Informal studies as early as 1906 covered a number of possibilities, from basing at Gibraltar or Singapore, an idea revived by the British before World War II, to "a quick trans-Atlantic dash" to the Pacific. The plan eventually adopted was conceived by Rear Admiral Raymond P. Rodgers in 1911.

- 19 Dec 1919: Strategy of the Pacific (JB 325, Serial 28)
- 7 Jul 1923: Estimate of the Situation, Orange (JB 325, Serial 207)
- 15 Aug 1924: Joint Basic War Plan - Orange (JB 325, Serial 228)
- 10 Jan 1929: Revision of Joint Army and Navy Basic War Plan Orange (JB 325, Serial 280)
- 20 Jun 1934: Inadequacy of Present Military and Naval Forces Philippine Area to Carry Out Assigned Missions in Event of an ORANGE War (JB 325, Serial 533)
- 8 May 1935: Revision of Joint Army and Navy Basic War Plan - Orange (JB 325, Serial 546)
- 19 May 1935: Revision of Joint Army and Navy Basic War Plan - Orange (JB 325, Serial 570)
- 14 Oct 1936: Revision of Joint Orange Estimate of the Situation (JB 325, Serial 589)
- 9 Dec 1936: Changes in Joint Basic War Plan Orange (JB 325, Serial 594)
- 19 Feb 1938: Joint Army and Navy Basic War Plan Orange (1938) (JB 325, Serials 617 & 618)

The plan was formally adopted by the Joint Army and Navy Board beginning in 1924. Predating the Rainbow plans, which presumed the assistance of allies, Orange assumed that the United States would fight Japan alone.

==Strategy==
As originally conceived, it anticipated a blockade of the Philippines and other U.S. outposts in the western Pacific.
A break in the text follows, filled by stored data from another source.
//! Rows from bytes and back, and every fault.
use crate::keys::{ACCOUNT, BOX, RESOURCE, key};
use al_base::{Address, AssetParams, Bytes, Status};
use al_row_records::{RowFault, decode_row, encode_row};
use al_rows::{AccountRow, AppParams, AppRow, AssetRow, BoxRow, Holding, Local, Row};
use std::alloc::{AllocError, Global};
use std::test::*;

/// Whether this is the fault of this number, at the field of this name.
fn is_fault(fault: &RowFault, number: u8, name: &str) -> bool {
    match fault {
        RowFault::Decode(_) => number == 1,
        RowFault::Field { name: found } => number == 2 && found.as_slice() == name.as_bytes(),
        RowFault::Range { name: found } => number == 3 && found.as_slice() == name.as_bytes(),
        RowFault::ZeroRow => number == 4,
        RowFault::Memory => number == 5,
    }
}

/// Whether the row is spelled by these bytes.
fn is_spelled(alloc: Global, row: &Row, bytes: &[u8]) -> Result<bool, AllocError> {
    let mut out = Vec::new(alloc);
    encode_row(row, &mut out)?;
    Ok(out.as_slice() == bytes)
}

/// Each kind of key with an input, the number of its fault (0 for none: it is a row, and spelled so
/// again) and the field.
const CASES: [(u8, &[u8], u8, &str); 75] = [
    // Worked rows of a genesis.
    (ACCOUNT, b"\x81\xa1b\xce\x00&%\xa0", 0, ""),
    (ACCOUNT, b"\x81\xa1a\x02", 0, ""),
    (ACCOUNT, b"\x82\xa1a\x02\xa1b\xce\x00\x01\x86\xa0", 0, ""),
    // Other rows, there and back.
    (ACCOUNT, b"\x81\xa1a\x01", 0, ""),
    (
        ACCOUNT,
        b"\x81\xa1s\xcf\x00\x00\x01\x00\x00\x00\x00\x00",
        0,
        "",
    ),
    (RESOURCE, b"\x82\xa1h\xc3\xa1x\x01", 0, ""),
    (
        RESOURCE,
        b"\x84\xa1a\xcf\xff\xff\xff\xff\xff\xff\xff\xff\xa1h\xc3\xa1x\x01\xa1z\xc3",
        0,
        "",
    ),
    (RESOURCE, b"\x82\xa1p\xc3\xa1x\x01", 0, ""),
    (
        RESOURCE,
        b"\x84\xa1m\xc4 \x02\x02\x02\x02\x02\x02\x02\x02\x02\x02\x02\x02\x02\x02\x02\x02\x02\x02\x02\x02\x02\x02\x02\x02\x02\x02\x02\x02\x02\x02\x02\x02\xa1p\xc3\xa1t\xcf\xff\xff\xff\xff\xff\xff\xff\xff\xa1x\x01",
        0,
        "",
    ),
    (RESOURCE, b"\x83\xa1h\xc3\xa1p\xc3\xa1x\x01", 0, ""),
    (RESOURCE, b"\x82\xa1l\xc3\xa1x\x02", 0, ""),
    (
        RESOURCE,
        b"\x85\xa1l\xc3\xa2os;\xa2ot\xc4\x03own\xa2ou<\xa1x\x02",
        0,
        "",
    ),
    (RESOURCE, b"\x82\xa1p\xc3\xa1x\x02", 0, ""),
    (
        RESOURCE,
        b"\x88\xa2ep\x03\xa2gs?\xa2gu@\xa2ls=\xa2lu>\xa1p\xc3\xa2st\xc4\x05state\xa1x\x02",
        0,
        "",
    ),
    (BOX, b"\x80", 0, ""),
    (BOX, b"\x81\xa1v\xc4\x02ab", 0, ""),
    // No value.
    (ACCOUNT, b"", 1, ""),
    (ACCOUNT, b"\x80\x80", 1, ""),
    (RESOURCE, b"\x81\xa1x", 1, ""),
    (BOX, b"\xc1", 1, ""),
    // No map.
    (ACCOUNT, b"\x01", 2, ""),
    (BOX, b"\xc3", 2, ""),
    // Unknown names: those of another kind are.
    (ACCOUNT, b"\x82\xa1b\x01\xa1t\x01", 2, "t"),
    (ACCOUNT, b"\x82\xa1b\x01\xa1x\x01", 2, "x"),
    (BOX, b"\x81\xa1w\x01", 2, "w"),
    (BOX, b"\x82\xa1v\xc4\x01a\xa1x\x01", 2, "x"),
    (RESOURCE, b"\x83\xa1b\x01\xa1h\xc3\xa1x\x01", 2, "b"),
    (RESOURCE, b"\x83\xa1h\xc3\xa2ou\x01\xa1x\x01", 2, "ou"),
    (RESOURCE, b"\x83\xa1a\x01\xa1l\xc3\xa1x\x02", 2, "a"),
    // Another family.
    (ACCOUNT, b"\x81\xa1b\xc3", 2, "b"),
    (ACCOUNT, b"\x82\xa1a\x01\xa1d\x01", 2, "d"),
    (RESOURCE, b"\x83\xa1a\xc4\x01a\xa1h\xc3\xa1x\x01", 2, "a"),
    (RESOURCE, b"\x83\xa1p\xc3\xa2un\xc4\x01u\xa1x\x01", 2, "un"),
    (RESOURCE, b"\x83\xa1p\xc3\xa2st\xa1s\xa1x\x02", 2, "st"),
    (BOX, b"\x81\xa1v\xa1a", 2, "v"),
    // Zero values.
    (ACCOUNT, b"\x81\xa1b\x00", 2, "b"),
    (
        ACCOUNT,
        b"\x82\xa1a\x01\xa1d\xc4 \x00\x00\x00\x00\x00\x00\x00\x00\x00\x00\x00\x00\x00\x00\x00\x00\x00\x00\x00\x00\x00\x00\x00\x00\x00\x00\x00\x00\x00\x00\x00\x00",
        2,
        "d",
    ),
    (RESOURCE, b"\x83\xa1a\x00\xa1h\xc3\xa1x\x01", 2, "a"),
    (RESOURCE, b"\x83\xa1h\xc3\xa1x\x01\xa1z\xc2", 2, "z"),
    (RESOURCE, b"\x83\xa1p\xc3\xa2un\xa0\xa1x\x01", 2, "un"),
    (RESOURCE, b"\x83\xa1l\xc3\xa2ot\xc4\x00\xa1x\x02", 2, "ot"),
    (BOX, b"\x81\xa1v\xc4\x00", 2, "v"),
    // The kind comes before all others.
    (RESOURCE, b"\x80", 3, "x"),
    (RESOURCE, b"\x82\xa1a\x00\xa1x\x03", 3, "x"),
    (RESOURCE, b"\x82\xa1a\x00\xa1x\x00", 2, "x"),
    (RESOURCE, b"\x81\xa1x\xc3", 2, "x"),
    // Fields of an absent part.
    (RESOURCE, b"\x82\xa1a\x01\xa1x\x01", 2, "a"),
    (RESOURCE, b"\x83\xa1a\x01\xa1h\x01\xa1x\x01", 2, "a"),
    (RESOURCE, b"\x82\xa1h\xc2\xa1x\x01", 2, "h"),
    (RESOURCE, b"\x82\xa1h\x01\xa1x\x01", 2, "h"),
    (RESOURCE, b"\x83\xa1h\xc3\xa1t\x01\xa1x\x01", 2, "t"),
    (RESOURCE, b"\x83\xa1p\xc3\xa1x\x01\xa1z\xc3", 2, "z"),
    (RESOURCE, b"\x83\xa1p\x01\xa1t\x01\xa1x\x01", 2, "p"),
    (RESOURCE, b"\x82\xa2ou\x01\xa1x\x02", 2, "ou"),
    (RESOURCE, b"\x83\xa2gu\x01\xa1l\xc3\xa1x\x02", 2, "gu"),
    (RESOURCE, b"\x83\xa2ot\xc4\x01a\xa1p\xc3\xa1x\x02", 2, "ot"),
    // Ranges.
    (ACCOUNT, b"\x81\xa1a\x03", 3, "a"),
    (ACCOUNT, b"\x81\xa1b\xcf\x00#\x86\xf2o\xc1\x00\x01", 3, "b"),
    (
        ACCOUNT,
        b"\x82\xa1b\x01\xa1d\xc4\x1f\x00\x00\x00\x00\x00\x00\x00\x00\x00\x00\x00\x00\x00\x00\x00\x00\x00\x00\x00\x00\x00\x00\x00\x00\x00\x00\x00\x00\x00\x00\x00",
        3,
        "d",
    ),
    (ACCOUNT, b"\x82\xa1b\x01\xa1e\xc4\x00", 3, "e"),
    (
        ACCOUNT,
        b"\x82\xa1b\x01\xa1g\xc4 \x01\x01\x01\x01\x01\x01\x01\x01\x01\x01\x01\x01\x01\x01\x01\x01\x01\x01\x01\x01\x01\x01\x01\x01\x01\x01\x01\x01\x01\x01\x01\x01",
        3,
        "g",
    ),
    (
        ACCOUNT,
        b"\x81\xa1k\xcf\x00\x00\x01\x00\x00\x00\x00\x01",
        3,
        "k",
    ),
    (
        ACCOUNT,
        b"\x81\xa1s\xcf\x00\x00\x01\x00\x00\x00\x00\x01",
        3,
        "s",
    ),
    (RESOURCE, b"\x83\xa1m\xc4\x01\x01\xa1p\xc3\xa1x\x01", 3, "m"),
    (RESOURCE, b"\x83\xa1l\xc3\xa2ouA\xa1x\x02", 3, "ou"),
    (RESOURCE, b"\x83\xa1l\xc3\xa2osA\xa1x\x02", 3, "os"),
    (RESOURCE, b"\x83\xa2ep\x04\xa1p\xc3\xa1x\x02", 3, "ep"),
    (RESOURCE, b"\x83\xa2lsA\xa1p\xc3\xa1x\x02", 3, "ls"),
    // A field before a range, and the first range.
    (ACCOUNT, b"\x82\xa1a\x03\xa1t\x01", 2, "t"),
    (
        ACCOUNT,
        b"\x82\xa1a\x03\xa1b\xcf\x00#\x86\xf2o\xc1\x00\x01",
        3,
        "a",
    ),
    (
        RESOURCE,
        b"\x85\xa2ep\x04\xa1l\xc3\xa2ouA\xa1p\xc3\xa1x\x02",
        3,
        "ep",
    ),
    // Rows that say nothing.
    (ACCOUNT, b"\x80", 4, ""),
    (ACCOUNT, b"\x81\xa1c\x05", 4, ""),
    (RESOURCE, b"\x81\xa1x\x01", 4, ""),
    (RESOURCE, b"\x81\xa1x\x02", 4, ""),
];

/// Whether the input under a key of this kind has the fault of this number at this field, or is a
/// row that is spelled so again where the number is 0.
fn holds(
    alloc: Global,
    kind: u8,
    input: &[u8],
    number: u8,
    name: &str,
) -> Result<bool, AllocError> {
    if input.len() > 100_000 {
        return Ok(false);
    }
    let Some(key) = key(kind) else {
        return Ok(false);
    };
    match decode_row(alloc, &key, input) {
        Ok(row) => Ok(number == 0 && is_spelled(alloc, &row, input)?),
        Err(fault) => Ok(is_fault(&fault, number, name)),
    }
}

#[test]
fn rows_and_faults(rt: HostRuntime) -> Result<(), Fail> {
    for (kind, input, number, name) in CASES {
        assert!(rt;
            holds(rt.alloc(), kind, input, number, name)?,
            "{kind} {input:?}"
        );
    }
    Ok(())
}

/// Whether the input is this row under a key of this kind, and is what it is spelled as.
fn says(alloc: Global, kind: u8, input: &[u8], row: &Row) -> Result<bool, AllocError> {
    if input.len() > 100_000 {
        return Ok(false);
    }
    let Some(key) = key(kind) else {
        return Ok(false);
    };
    match decode_row(alloc, &key, input) {
        Ok(found) => Ok(found == *row && is_spelled(alloc, row, input)?),
        Err(_) => Ok(false),
    }
}

/// An account row with every field.
const WHOLE_ACCOUNT: &[u8; 312] =
    b"\xde\x00\x13\xa1a\x01\xa1b\xcf\x00#\x86\xf2o\xc1\x00\x00\xa1c\xcf\xff\xff\xff\xff\xff\xff\xff\xff\xa1d\xc4 \x04\x04\x04\x04\x04\x04\x04\x04\x04\x04\x04\x04\x04\x04\x04\x04\x04\x04\x04\x04\x04\x04\x04\x04\x04\x04\x04\x04\x04\x04\x04\x04\xa1e\xc4 \x05\x05\x05\x05\x05\x05\x05\x05\x05\x05\x05\x05\x05\x05\x05\x05\x05\x05\x05\x05\x05\x05\x05\x05\x05\x05\x05\x05\x05\x05\x05\x05\xa1f\xc4 \x06\x06\x06\x06\x06\x06\x06\x06\x06\x06\x06\x06\x06\x06\x06\x06\x06\x06\x06\x06\x06\x06\x06\x06\x06\x06\x06\x06\x06\x06\x06\x06\xa1g\xc4@\x07\x07\x07\x07\x07\x07\x07\x07\x07\x07\x07\x07\x07\x07\x07\x07\x07\x07\x07\x07\x07\x07\x07\x07\x07\x07\x07\x07\x07\x07\x07\x07\x07\x07\x07\x07\x07\x07\x07\x07\x07\x07\x07\x07\x07\x07\x07\x07\x07\x07\x07\x07\x07\x07\x07\x07\x07\x07\x07\x07\x07\x07\x07\x07\xa1h\x08\xa1i\x09\xa1j\x0a\xa1k\xcf\x00\x00\x01\x00\x00\x00\x00\x00\xa1l\xcf\x00\x00\x00\xff\xff\xff\xff\xff\xa1m\xcf\x00\x00\x00\xff\xff\xff\xff\xfe\xa1n\xcf\x00\x00\x00\xff\xff\xff\xff\xfd\xa1o\xcf\x00\x00\x00\xff\xff\xff\xff\xfc\xa1p\xcf\x00\x00\x00\xff\xff\xff\xff\xfb\xa1q\xcf\x00\x00\x00\xff\xff\xff\xff\xfa\xa1r\xcf\x00\x00\x00\xff\xff\xff\xff\xf9\xa1s\xcf\x00\x00\x00\xff\xff\xff\xff\xf8";

#[test]
fn accounts(rt: HostRuntime) -> Result<(), Fail> {
    let row = Row::Account(AccountRow {
        status: Status::Online,
        balance: 10_000_000_000_000_000,
        base: u64::MAX,
        auth: Address([4; 32]),
        vote: [5; 32],
        selection: [6; 32],
        sprf: [7; 64],
        first: 8,
        last: 9,
        dilution: 10,
        assets_held: 1 << 40,
        assets_created: (1 << 40) - 1,
        apps_created: (1 << 40) - 2,
        apps_opted: (1 << 40) - 3,
        extra_pages: (1 << 40) - 4,
        uints: (1 << 40) - 5,
        byte_slices: (1 << 40) - 6,
        boxes: (1 << 40) - 7,
        box_bytes: (1 << 40) - 8,
    });
    assert!(rt; says(rt.alloc(), ACCOUNT, WHOLE_ACCOUNT, &row)?);
    Ok(())
}

/// An asset row with every field.
const WHOLE_ASSET: &[u8; 246] =
    b"\xde\x00\x10\xa1a\xcf\xff\xff\xff\xff\xff\xff\xff\xff\xa2am\xc4 \x01\x01\x01\x01\x01\x01\x01\x01\x01\x01\x01\x01\x01\x01\x01\x01\x01\x01\x01\x01\x01\x01\x01\x01\x01\x01\x01\x01\x01\x01\x01\x01\xa2an\xa4name\xa2au\xa3url\xa1c\xc4 \x05\x05\x05\x05\x05\x05\x05\x05\x05\x05\x05\x05\x05\x05\x05\x05\x05\x05\x05\x05\x05\x05\x05\x05\x05\x05\x05\x05\x05\x05\x05\x05\xa2dc\x13\xa2df\xc3\xa1f\xc4 \x04\x04\x04\x04\x04\x04\x04\x04\x04\x04\x04\x04\x04\x04\x04\x04\x04\x04\x04\x04\x04\x04\x04\x04\x04\x04\x04\x04\x04\x04\x04\x04\xa1h\xc3\xa1m\xc4 \x02\x02\x02\x02\x02\x02\x02\x02\x02\x02\x02\x02\x02\x02\x02\x02\x02\x02\x02\x02\x02\x02\x02\x02\x02\x02\x02\x02\x02\x02\x02\x02\xa1p\xc3\xa1r\xc4 \x03\x03\x03\x03\x03\x03\x03\x03\x03\x03\x03\x03\x03\x03\x03\x03\x03\x03\x03\x03\x03\x03\x03\x03\x03\x03\x03\x03\x03\x03\x03\x03\xa1t\xcf\xff\xff\xff\xff\xff\xff\xff\xff\xa2un\xa1u\xa1x\x01\xa1z\xc3";

#[test]
fn assets(rt: HostRuntime) -> Result<(), Fail> {
    let row = Row::Asset(AssetRow {
        params: Some(AssetParams {
            total: u64::MAX,
            decimals: 19,
            default_frozen: true,
            unit: Bytes::of(rt.alloc(), b"u")?,
            name: Bytes::of(rt.alloc(), b"name")?,
            url: Bytes::of(rt.alloc(), b"url")?,
            meta: [1; 32],
            manager: Address([2; 32]),
            reserve: Address([3; 32]),
            freeze: Address([4; 32]),
            clawback: Address([5; 32]),
        }),
        holding: Some(Holding {
            amount: u64::MAX,
            frozen: true,
        }),
    });
    assert!(rt; says(rt.alloc(), RESOURCE, WHOLE_ASSET, &row)?);
    Ok(())
}

/// An application row with every field.
const WHOLE_APP: &[u8; 56] =
    b"\x8c\xa2ep\x03\xa2gs?\xa2gu@\xa1l\xc3\xa2ls=\xa2lu>\xa2os;\xa2ot\xc4\x03own\xa2ou<\xa1p\xc3\xa2st\xc4\x05state\xa1x\x02";

#[test]
fn applications(rt: HostRuntime) -> Result<(), Fail> {
    let row = Row::App(AppRow {
        params: Some(AppParams {
            global_uints: 64,
            global_slices: 63,
            local_uints: 62,
            local_slices: 61,
            extra_pages: 3,
            state: Bytes::of(rt.alloc(), b"state")?,
        }),
        local: Some(Local {
            uints: 60,
            slices: 59,
            state: Bytes::of(rt.alloc(), b"own")?,
        }),
    });
    assert!(rt; says(rt.alloc(), RESOURCE, WHOLE_APP, &row)?);
    Ok(())
}

/// The record of a box whose value has so many bytes, at least 256.
fn box_of(alloc: Global, len: u16) -> Result<Vec<u8>, AllocError> {
    let [high, low] = len.to_be_bytes();
    let mut out = Vec::new(alloc);
    out.extend_from_slice(&[0x81, 0xa1, b'v', 0xc5, high, low])?;
    for _ in 0..len {
        out.push(1)?;
    }
    Ok(out)
}

// The longest value of a box, and one that is longer.
#[test]
fn boxes(rt: HostRuntime) -> Result<(), Fail> {
    for (len, number) in [(32_768, 0), (32_769, 3)] {
        let input = box_of(rt.alloc(), len)?;
        assert!(rt; holds(rt.alloc(), BOX, &input, number, "v")?, "{len}");
    }
    let row = Row::Box(BoxRow {
        value: Bytes::of(rt.alloc(), b"ab")?,
    });
    assert!(rt; says(rt.alloc(), BOX, b"\x81\xa1v\xc4\x02ab", &row)?);
    Ok(())
}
They were expected to hold out on their own, while the Pacific Fleet marshaled its strength at bases in California and Hawaii and guarded against attacks on the Panama Canal.

After mobilization (the ships maintained only half of their crews in peacetime), the fleet would sail to the western Pacific to relieve American forces in Guam and the Philippines. Afterwards, the fleet would sail north for a decisive battle against the Imperial Japanese Navy's Combined Fleet, and then blockade the Japanese home islands.

The strategy was in keeping with the theory of Alfred Thayer Mahan, a doctrine to which every major navy subscribed before World War II, in which wars would be decided by engagements between opposing surface fleets, as they had been for over 300 years.

Following the 1933 Operations IV Wargame, which resulted in defeat for a hypothetical blue fleet meant to symbolize a US Philippine relief force, War Plan Orange was revised to account for a more steady, methodical advance in order to take Japanese strongpoints in the Marshall Islands. This was done in accordance to observations that both stretched logistical capacity in the "through ticket to the Philippines" strategy, and inability to repair damaged vessels, allowed Japan to gain command of the sea via the neutralization of the US battle line force.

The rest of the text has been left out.